Powiadają, że czasy papierowych fanzinów to już zamierzchłość, a przyszłość należy wyłącznie do mediów elektronicznych. Może w takim miejscu, jakim są "łamy" internetowego bloga, zabrzmi to cokolwiek groteskowo, ale zdaje mi się, że tradycyjne zinoróbstwo bez problemu przetrwa próbę czasu, mając według mnie zasadniczą nad e-zinami przewagę. Jasne, że nie może być już mowy o powrocie do sytuacji z lat 90-tych, kiedy to mieliśmy na "scenie" do czynienia z istnym wysypem kserowanych niskonakładowych periodyków.
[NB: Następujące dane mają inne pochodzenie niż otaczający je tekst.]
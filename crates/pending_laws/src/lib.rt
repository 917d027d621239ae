//! What pending expressions mean is what the language means: joins are lifts, and selections are the language's. Each
//! function does nothing: its contract is a law.
#![tactic(auto)]

mod extensions;
mod joins;
mod selections;

pub use extensions::{extensions_are_spreads, outer_products_are_lifts};
pub use joins::joins_are_lifts;
pub use selections::{reversals_select, subscripts_select, takes_select, transposes_select};
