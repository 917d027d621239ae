//! Selections by functions of one argument.

ghost use Rattle.std.specs.Prelude.{◌≡◌, ◌≤◌, ◌<◌, length, OnOk, IfOk, IfErr};
ghost use Rattle.array_store.specs.Follows.{Holds, none};
ghost use Rattle.value_stack.specs.Stacks.{named_on, entries, IsLawfulStack};
ghost use Rattle.apl_model.specs.Evaluation.{monadic_value};
ghost use Rattle.apl_model_laws.specs.Lawful.{IsOrigin};
ghost use Rattle.apl_compile.specs.declared.codes.Op.TheVariants.{Mon};
ghost use Rattle.pending_steps.specs.Shapes.{newest_shape};
ghost use Rattle.pending_steps.specs.Steps.{Moves, Reaches};
ghost use Rattle.leaf_steps.specs.Origins.{StepsFrom, IsHaltedFrom};
ghost use Rattle.selection_choices.specs.Choices.{SelectsOne, Chooses, Errs};

use crate::entries::{choose_newest, make_safe};
use apl_base::{Cell, ErrorKind, Place};
use apl_model::MonFn;
use array_store::Store;
use pending_steps::{Halt, settle_entries};
use selection_choices::{Choice, choose_one};
use std::alloc::Global;
use value_stack::Stack;

/// `⌽`, `⊖` or `⍉` of the newest entry: a selection from it, through all its functions. No element is computed, but
/// where it may fail: then every entry that may fail is computed before, the oldest first. RANK ERROR, where there is no
/// such axis, comes after the fault of any entry.
pub fn select_one(
    alloc: Global,
    f: MonFn,
    place: Place,
    origin: Cell,
    stack: &mut Stack,
    store: &mut Store,
) -> Result<(), Halt>
    requires selects { SelectsOne f }
    requires origin { IsOrigin origin }
    requires operand { 1 ≤ length stack.old }
    requires lawful { IsLawfulStack store.old stack.old }
    requires held { Holds store.old (named_on stack.old) }
    ensures step { OnOk result (StepsFrom origin (record { place = place; op = Mon f }) 1 1
        (entries store.old stack.old) (entries store.new stack.new)) }
    ensures moves { Reaches result (Moves store.old store.new stack.old stack.new none none) }
    ensures halted { IfErr result (IsHaltedFrom origin (record { place = place; op = Mon f }) 1
        store.old.limit (entries store.old stack.old)) }
    ensures limit { store.new.limit ≡ store.old.limit }
{
    let choice = match choice_of_newest(f, origin, stack) {
        Ok(choice) => choice,
        Err(kind) => return Err(refuse(alloc, f, kind, place, origin, stack, store)),
    };
    make_safe(alloc, stack, store)?;
    choose_newest(&choice, stack, store)?;
    Ok(())
}

// What the function makes of the newest entry.
fn choice_of_newest(f: MonFn, origin: Cell, stack: &Stack) -> Result<Choice, ErrorKind>
    requires selects { SelectsOne f }
    requires origin { IsOrigin origin }
    requires operand { 1 ≤ length stack.now }
    ensures chooses { IfOk result
        (Chooses (monadic_value origin f) (newest_shape stack.now)) }
    ensures refused { IfErr result
        (Errs (monadic_value origin f) (newest_shape stack.now)) }
{
    let newest = stack.len() - 1;
    choose_one(f, origin, &stack.entry(newest).shape)
}

// The error of the function, after the fault of any entry.
fn refuse(
    alloc: Global,
    f: MonFn,
    kind: ErrorKind,
    place: Place,
    origin: Cell,
    stack: &mut Stack,
    store: &mut Store,
) -> Halt
    requires operand { 1 ≤ length stack.old }
    requires lawful { IsLawfulStack store.old stack.old }
    requires held { Holds store.old (named_on stack.old) }
    requires errs { Errs (monadic_value origin f) (newest_shape stack.old) kind }
    ensures halted { IsHaltedFrom origin (record { place = place; op = Mon f }) 1
        store.old.limit (entries store.old stack.old) result }
    ensures moves { Moves store.old store.new stack.old stack.new none none }
{
    match settle_entries(alloc, stack, store) {
        Ok(()) => Halt::Error { kind, place },
        Err(halt) => halt,
    }
}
Jestem jednak przekonany, że duch w narodzie nie zginie, bo przede wszystkim i satysfakcja, i nobilitacja z wydrukowanego zina dla jego autorów większa, i przyjemność z obcowania z takowym dla samych czytelników donioślejsza niż w przypadku wydania internetowego. Pal licho te "lekkie" obsuwy z czasem, które są chyba jednym z grzechów głównych rodzimych wydawców fanzinów i powodują, że treść ulega dezaktualizacji jeszcze przed ich ukazaniem się. Zawsze to jednak zacniej postawić sobie na półce takiego "Dead Pressa", aniżeli chomikować na dysku komputera teksty ściągnięte z sieci, nie mówiąc już o kwestii samej wygody czytania i oglądania.
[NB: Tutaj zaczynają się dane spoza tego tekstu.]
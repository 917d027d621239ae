//! The laws of pending expressions.

ghost use Rattle.standing.specs.Laws.{OlderThenYounger, ArraysArePending, OldestFaultEnds, EndStays, EndIsKept, OlderStay, OneIsJoined, TwoAreJoined, UnfitEnds};

/// Pending arrays are the values of evaluation, and the oldest fault ends it.
pub fn stands_are_lists()
    ensures parts { OlderThenYounger }
    ensures arrays { ArraysArePending }
    ensures fault { OldestFaultEnds }
    ensures end { EndStays }
{}

/// After an end each instruction leads to it; and what an instruction does to younger entries it does whatever stands
/// below them.
pub fn instructions_stand()
    ensures end { EndIsKept }
    ensures older { OlderStay }
{}

/// Where a scalar function joins its operands, the join stands for what evaluation gives; where their shapes don't fit,
/// evaluation ends as that error.
pub fn joins_stand()
    ensures one { OneIsJoined }
    ensures two { TwoAreJoined }
    ensures unfit { UnfitEnds }
{}
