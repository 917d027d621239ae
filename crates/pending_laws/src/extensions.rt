//! Joins of operands that were put over a greater shape.
ghost use Rattle.pending_laws.specs.Extensions.{ExtensionIsSpread, ExtensionToOneElement, ExtendedJoinIsTheLift, OuterIsTheLift, OuterJoinIsTheProduct};

/// An operand of one element extends as the lift spreads it, so a function whose operands fit a shape means the join of
/// both over this shape.
pub fn extensions_are_spreads()
    ensures elements { ExtensionIsSpread }
    ensures one { ExtensionToOneElement }
    ensures join { ExtendedJoinIsTheLift }
{}

/// An outer product is the lift, and the join, of its arguments over the joined shape.
pub fn outer_products_are_lifts()
    ensures lift { OuterIsTheLift }
    ensures join { OuterJoinIsTheProduct }
{}
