//! What code prints and enters stays.

ghost use Rattle.standing.specs.Growing.{CodeGrows, FunctionsGrow};

/// Code takes back nothing that was printed or entered, and takes its turns from those that are left; so do calls.
pub fn code_grows()
    ensures code { CodeGrows }
    ensures functions { FunctionsGrow }
{}
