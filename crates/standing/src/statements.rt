//! The statements of a script, by their codes.

ghost use Rattle.standing.specs.Behind.{EvaluatedBehind};
ghost use Rattle.standing.specs.Statements.{StatementHasCode, EvaluatedByCode};

/// A statement outside definitions has the code of its number, and its code comes to what its evaluation comes to.
pub fn statements_have_codes()
    ensures code { StatementHasCode }
    ensures same { EvaluatedByCode }
{}

/// A statement does the same whatever was printed and entered before it.
pub fn statements_stand_alone()
    ensures { EvaluatedBehind }
{}
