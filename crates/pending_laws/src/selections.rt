//! Selections of the language are selections of an array.
ghost use Rattle.pending_laws.specs.Selections.{ReversedIsSelected, ReversedHasAxis, ReversedScalarStays, FlippedIsSelected, TransposedIsSelected, TransposedHasAxes, TakenScalarExtends, TakenFromItself, TakenIsSelected, DroppedIsSelected, TakenHasCounts, DroppedHasCounts};
ghost use Rattle.pending_laws.specs.Subscripts.{ScalarsAreInProgression, RunsAreInProgression, SubscriptIsSelected, SubscriptHasPlaces};

/// `⌽` and `⊖` of one argument turn round the axis that is named, and leave a scalar as it is.
pub fn reversals_select()
    ensures axis { ReversedIsSelected }
    ensures exact { ReversedHasAxis }
    ensures scalar { ReversedScalarStays }
{}

/// `⍉` sends the axes to their reverse order, or to the numbers of its left argument.
pub fn transposes_select()
    ensures one { FlippedIsSelected }
    ensures two { TransposedIsSelected }
    ensures exact { TransposedHasAxes }
{}

/// `↑` of counts that fit takes them, and `↓` drops its counts, each capped at the length of its axis. A scalar extends
/// before to as many axes of length 1 as there are counts.
pub fn takes_select()
    ensures scalar { TakenScalarExtends }
    ensures itself { TakenFromItself }
    ensures take { TakenIsSelected }
    ensures drop { DroppedIsSelected }
    ensures take_exact { TakenHasCounts }
    ensures drop_exact { DroppedHasCounts }
{}

/// A subscript keeps of each axis the places that its position names, where that is left out or is numbers in progression.
pub fn subscripts_select()
    ensures scalar { ScalarsAreInProgression }
    ensures vector { RunsAreInProgression }
    ensures subscript { SubscriptIsSelected }
    ensures exact { SubscriptHasPlaces }
{}
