// The stored frame (01, Stored frame; 7.6, 7.8, 8.3, A.4.1): the record and its reading.

#![tactic(auto)]

ghost use Rattle.std.specs.Prelude.{◌≡◌, ◌+◌, ◌*◌, ◌≤◌, length};
ghost use Rattle.ground.specs.Numbered.{number};
ghost use Rattle.bits.specs.Bits.{view, bit};
ghost use Rattle.prefix.specs.Sizes.{mode_bytes};
ghost use Rattle.prefix.specs.Prefix.{prefix_of};
ghost use Rattle.frame.specs.Answers.{flags_for, flags_of, stopped_at, started, read_body, read_answer, reading_of, codes_after, tail_after};
ghost use Rattle.frame.specs.Inner.{NormsRead, BodyRead, FrameRead, body_reading, data_reading};

use ground::replies::{DONE, Reply};
use kinds::Flags;
use norms::NormPart;
use prefix::{Length, Prefix};

// A frame's record, beside 800 codes and 320 tail bytes.
#[repr(C)]
#[derive(Clone, Copy, Debug, PartialEq, Eq)]
pub struct Record {
    pub mode: u8,
    pub transient: bool,
    pub flag_l: bool,
    pub flag_n: bool,
    pub flag_c: bool,
    pub norms: [u8; 44],
    pub noise: u8,
    pub tail_bits: u16,
}

impl From<Record> for Flags {
    ghost from_gives = { λ r f. f ≡ flags_for r };

    fn from(r: Record) -> Flags {
        Flags {
            transient: r.transient,
            l: r.flag_l,
            n: r.flag_n,
            c: r.flag_c,
        }
    }
}

// What reading answers: 0 with the next place and the record; 14 with the next place; else the reply alone.
// The fields are those that boundary makes C's struct of, and promises' Numbered and Trips speak of them: 14 has a next place and no record.
#[repr(C)]
#[derive(Clone, Copy, Debug, PartialEq, Eq)]
pub struct Reading {
    pub reply: u8,
    pub next: usize,
    pub record: Record,
}

// What stands where there is no record.
pub const NO_RECORD: Record = Record {
    mode: 0,
    transient: false,
    flag_l: false,
    flag_n: false,
    flag_c: false,
    norms: [0; 44],
    noise: 0,
    tail_bits: 0,
};

fn flag_at(s: &[u8], i: usize) -> bool
    ensures { result ≡ bit s.now i }
{
    bits::read_bits(s, i, 1) == 1
}

fn read_flags(s: &[u8]) -> Flags
    ensures { result ≡ flags_of (view s.now 0 4) }
{
    Flags {
        transient: flag_at(s, 0),
        l: flag_at(s, 1),
        n: flag_at(s, 2),
        c: flag_at(s, 3),
    }
}

// A reply without a record.
fn refusal(reply: Reply, next: usize) -> Reading
    ensures { result ≡ stopped_at (number reply) next }
{
    Reading {
        reply: reply.into(),
        next,
        record: NO_RECORD,
    }
}

// The codes and the noise of a body behind its part of norms. The codes go into `found`, up to the first refusal.
fn read_rest(
    s: &[u8],
    mode: u8,
    flags: Flags,
    part: NormPart,
    found: &mut [u16],
) -> Result<Record, Reply>
    requires norms_read { NormsRead s.now part.norms part.next × (flags ≡ flags_of (view s.now 0 4)) }
    requires s_len_bound { (length s.now ≤ 320) × (length s.now ≡ mode_bytes mode) × (length found.old ≡ 800) }
    ensures { BodyRead s.now (read_body mode s.now) (body_reading (length s.now) result) found.new }
{
    let norms = part.norms;
    let at = part.next;
    let end = s.len() * 8;
    let k = kinds::noise_bits(flags.transient);
    let kinds = kinds::kinds_for(flags, norms, at, end);
    let next = runs::read_words(s, at, end - k, &kinds, found)?;
    let noise = bits::read_bits(s, next, k);
    Ok(Record {
        mode,
        transient: flags.transient,
        flag_l: flags.l,
        flag_n: flags.n,
        flag_c: flags.c,
        norms,
        noise: noise as u8,
        tail_bits: (end - (next + k)) as u16,
    })
}

// A body of a mode.
fn read_body(s: &[u8], mode: u8, found: &mut [u16]) -> Result<Record, Reply>
    requires { (80 ≤ length s.now) × (length s.now ≤ 320) × (length s.now ≡ mode_bytes mode) × (length found.old ≡ 800) }
    ensures { BodyRead s.now (read_body mode s.now) (body_reading (length s.now) result) found.new }
{
    let flags = read_flags(s);
    let part = norms::read_norms(s, 4, s.len() * 8, flags.transient, flags.n)?;
    read_rest(s, mode, flags, part, found)
}

// A frame with data, as its prefix says.
fn read_data(src: &[u8], field: Length, found: &mut [u16]) -> Result<Reading, Reply>
    requires { (Prefix.Data field ≡ prefix_of src.now) × (length found.old ≡ 800) }
    ensures { FrameRead src.now (started (Prefix.Data field) src.now) (data_reading result) found.new }
{
    let n = usize::from(field.bytes());
    if src.len() <= n {
        return Err(Reply::Cut);
    }
    let next = n + 1;
    let body = &src[1..next];
    // The field of a frame with data names a mode, so this refusal never comes.
    let mode = field.mode().ok_or(Reply::Reserved)?;
    let record = read_body(body, mode.0, found)?;
    Ok(Reading {
        reply: DONE,
        next,
        record,
    })
}

// The frame at the start of a slice, its codes into `found`: 1, 2, 3, 14, 4, 5, then 6 or 7, first met.
fn read_frame(src: &[u8], found: &mut [u16]) -> Reading
    requires { length found.old ≡ 800 }
    ensures { FrameRead src.now (started (prefix_of src.now) src.now) result found.new }
{
    match prefix::read_prefix(src) {
        Prefix::NoByte => refusal(Reply::NoByte, 0),
        Prefix::Marked => refusal(Reply::Marked, 0),
        Prefix::Reserved => refusal(Reply::Reserved, 0),
        Prefix::NoData => refusal(Reply::NoData, 1),
        Prefix::Data(field) => match read_data(src, field, found) {
            Ok(reading) => reading,
            Err(reply) => refusal(reply, 0),
        },
    }
}

// Reads the stored frame at the start of a slice and answers as `read` with enough room; its codes and its tail are read, but not given out.
pub fn read_record(src: &[u8]) -> Reading
    ensures { result ≡ reading_of (started (prefix_of src.now) src.now) }
{
    // An empty frame needs no room for codes, and a recording may have many.
    if let Prefix::NoData = prefix::read_prefix(src) {
        return refusal(Reply::NoData, 1);
    }
    let mut found = [0u16; 800];
    read_frame(src, &mut found)
}

// Reads the stored frame at the start of a slice: 10, 1, 2, 3, 14, 4, 5, then 6 or 7, first met. Only 0 changes the lent numbers and bytes.
pub fn read(src: &[u8], codes: &mut [u16], tail: &mut [u8]) -> Reading
    ensures { (result ≡ reading_of (read_answer src.now (length codes.old) (length tail.old)))
        × (codes.new ≡ codes_after codes.old (read_answer src.now (length codes.old) (length tail.old)))
        × (tail.new ≡ tail_after tail.old (read_answer src.now (length codes.old) (length tail.old))) }
{
    if codes.len() < 800 || tail.len() < 320 {
        return refusal(Reply::ShortRoom, 0);
    }
    let mut found = [0u16; 800];
    let r = read_frame(src, &mut found);
    if r.reply == DONE {
        let next = r.next;
        let at = (next - 1) * 8 - usize::from(r.record.tail_bits);
        codes[..800].copy_from_slice(&found);
        tails::fill_tail(&src[1..next], at, tail);
    }
    r
}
Trzeci numer "magazynu dla panków", jak dumnie wieszczy okładka, to jednocześnie - wstyd przyznać - mój pierwszy kontakt z "Dead Pressem". Biję się z tego powodu w pierś, bo wbrew temu, co pisze przekornie naczelny we wstępniaku, to pismo to solidna robota. Zacznę od tego, co widać od razu: skład i oprawa wizualna fanzina zdecydowanie wybijają się ponad krajową średnią. Nic w tym dziwnego, skoro odpowiedzialny jest za nie Kuba Stański (czyli ów naczelny), grafiką zajmujący się zawodowo. Stan dał się już tu i ówdzie poznać jako zaciekły krytyk trendów praktykowanych w obszarze DTP przez twórców "Pasażera" czy "Garażu" (i zresztą znów ich za to gani w zamieszczonych w numerze recenzjach tych pism). Muszę w tym momencie przyznać, że w "Dead Pressie" tekst i grafika absolutnie się ze sobą nie gryzą i całość sprawia przejrzyste i miłe oku wrażenie, a w wypadku przytoczonej "konkurencji" rzeczywiście bywało z tym bardzo różnie.
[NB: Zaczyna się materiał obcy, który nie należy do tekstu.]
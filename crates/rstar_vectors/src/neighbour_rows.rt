//! Neighbours: rows, a plain scan beside the tree, and elements that note when they are asked.

ghost use Rattle.std.proofs.Common.{rules};
ghost use Rattle.std.specs.Cmp.{on_total, partial_order_from_own_ties};
ghost use Rattle.std.specs.Cmp.Rules.{comparing};
ghost use Rattle.std.specs.Mem.{FitsInMemory};
ghost use Rattle.std.specs.Ordering.{as_partial_cmp, eq_by_cmp};
ghost use Rattle.std.specs.Prelude.{◌≡◌, ◌≤◌};
ghost use Rattle.rstar_base.specs.Elements.{carried_objects, carried_distances};
ghost use Rattle.rstar_base.specs.Sizes.{IsNarrow};
ghost use Rattle.rstar_base.specs.laws.CarrierLaws.{carried_laws};
ghost use Rattle.rstar.specs.ByOrder.{IsSearchingByOrder};
ghost use Rattle.rstar.specs.Neighbors.{with_distances, IsSearching};
ghost use Rattle.rstar.specs.Trees.{IsWholeTree};
ghost use Rattle.rstar_vectors.specs.Fits.{iterator_row, alone_row, ordered_row};

use crate::neighbours::{all_below, in_order, one_below};
use crate::scenarios::{ALONG_A_LINE, alone, inserted, let_go, loaded, points};
use rstar::algorithm::nearest_neighbor::{
    NearestNeighborByOrderIterator, NearestNeighborDistance2Iterator, NearestNeighborIterator,
};
use rstar::object::{Distance, PointDistance, PointOf, RTreeObject};
use rstar::point::Point;
use rstar::primitives::{Line, Rectangle};
use rstar::{DefaultParams, Envelope, RTree, RTreeParams};
use rstar_base_vectors::frames::Frame;
use std::alloc::{AllocError, Global};
use std::cell::Cell;
use std::cmp::Ordering;

type At = [i32; 2];

/// Whether a number is as told, where one is told.
pub(crate) fn is_as_told(number: usize, told: Option<&usize>) -> bool {
    match told {
        Some(wanted) => number == *wanted,
        None => true,
    }
}

/// Whether the next neighbour lies at a squared distance, with so many parents opened, where that is told.
fn is_next<T: PointDistance>(
    neighbors: &mut NearestNeighborDistance2Iterator<'_, T>,
    distance: Distance<T>,
    opened: Option<&usize>,
) -> Result<bool, AllocError>
    requires { IsSearching T.Envelope.boxes T.object T.distances T.Envelope.Point.DIMENSIONS
        T.Envelope.Point.coord T.Envelope.Point.Scalar.cmp T.Envelope.Point.Scalar.value neighbors.old }
    ensures { IsSearching T.Envelope.boxes T.object T.distances T.Envelope.Point.DIMENSIONS
        T.Envelope.Point.coord T.Envelope.Point.Scalar.cmp T.Envelope.Point.Scalar.value neighbors.new }
{
    match neighbors.next() {
        Some(Ok((_, found))) => Ok(found == distance && is_as_told(neighbors.opened(), opened)),
        Some(Err(refused)) => Err(refused),
        None => Ok(false),
    }
}
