#[test]
fn a_rectangle_that_came_twice_is_joined_twice(rt: HostRuntime) {
    let two = Rectangle::from_corners([0i64, 0], [2, 2]);
    let touching = Rectangle::from_corners([2, 2], [4, 4]);
    assert!(rt; pairs_of_two(rt.alloc(), two, touching) == Ok(Some(2)));
}
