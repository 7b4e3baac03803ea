// A tree without the nodes that bear some labels, and without all that is below them.
ghost use Rattle.std.specs.Prelude.{◌≡◌};
ghost use Rattle.views.specs.Views.{hide as hidden};
ghost use Rattle.views.specs.Settings.{showing, SetsHide};

use crate::fault::ViewFault;
use crate::shown::{Row, Shown};
use crate::view::View;
use tree::trees::Tree;

const MOST_LABELS: usize = 8;

#[derive(Drop)]
pub struct WithoutLabels;

// A view that is set to labels.
pub type Hide<T> = View<WithoutLabels, T>;

// A node deeper than `cut` is below the last hidden node.
fn hide_row<T: Tree>(tree: &T, labels: &[u16]) -> Row
    ensures { result.items ≡ hidden labels.now (T.Tree.nodes tree.now) }
{
    let mut row = Row::new();
    let mut cut: Option<u16> = None;
    for m in 1..=tree.count() {
        let node = tree.node(m);
        match cut {
            Some(depth) if node.depth > depth => {}
            _ if labels.contains(&node.label) => cut = Some(node.depth),
            _ => {
                row.push(node);
                cut = None;
            }
        }
    }
    row
}

impl<T: Tree> View<WithoutLabels, T> {
    // Shows the tree below without these labels from now on, or refuses and shows what it showed.
    pub fn set(&mut self, labels: &[u16]) -> Result<(), ViewFault>
        ensures below { self.new.below ≡ self.old.below }
        ensures shown { SetsHide (T.Tree.nodes self.old.below) labels.now (showing self.old.shown) result (showing self.new.shown) }
    {
        if labels.len() > MOST_LABELS {
            return Err(ViewFault::ManyLabels);
        }
        if labels.contains(&self.below.label(1)) {
            return Err(ViewFault::RootHidden);
        }
        let row = hide_row(&self.below, labels);
        self.shown = Shown { row };
        Ok(())
    }
}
Tematem tego numeru jest upadek popularności kasety magnetofonowej. Jeszcze wtedy, kiedy ja zaczynałem interesować się punk rockiem, ów kaseta stanowiła podstawowy nośnik muzyczny wśród rodzimych załogantów. Tempo z jakim zaczęła nagle znikać ze sklepów i katalogów niezależnych wydawnictw było jednak błyskawicznie i dziś, nieco ponad dekadę później, mało kto posiada nawet sprzęt do jej odsłuchania. A kasecie magnetofonowej faktycznie należy się szacunek, bo przecież prostota z jaką można było dzięki niej powielać muzykę z pewnością wydatnie przyczyniła się do rozwoju nadwiślańskiej sceny punkrockowej. Niestety, temat został potraktowany przez redakcję nieco po macoszemu. Główny tekst jest wprawdzie interesujący, ale zdecydowanie za krótki. Co nieco wspomniane jest również w wywiadzie z Celą nr 3, ale to też za mało. Sytuację ratuje jeszcze kolumna Pietii, ale ja chętnie poczytałbym także wywody innych animatorów sceny niezależnej, którzy kasety wydawali, i to zarówno tych większych, jak i tych mniejszych. Szerzej wspomnieć można było też o działalności takich "firm" jak Fala i Tylko Pank, czy chociażby MG Records, Takt i Silverton. Możliwości było wiele, ale zdaję sobie też sprawę, że na realizację w miarę wyczerpującej monografii zjawiska nie starczyłoby nawet całej objętości pisma, nie mówiąc o tym, jak piekielnie trudnym zadaniem było by jej przygotowanie. Przy okazji, fragment wywiadu z Fast Forward daje z kolei do myślenia, czy za kilka lat nie będziemy podobnych wspominek czytać na łamach punkowych fanzinów (i nie tylko) o płycie CD.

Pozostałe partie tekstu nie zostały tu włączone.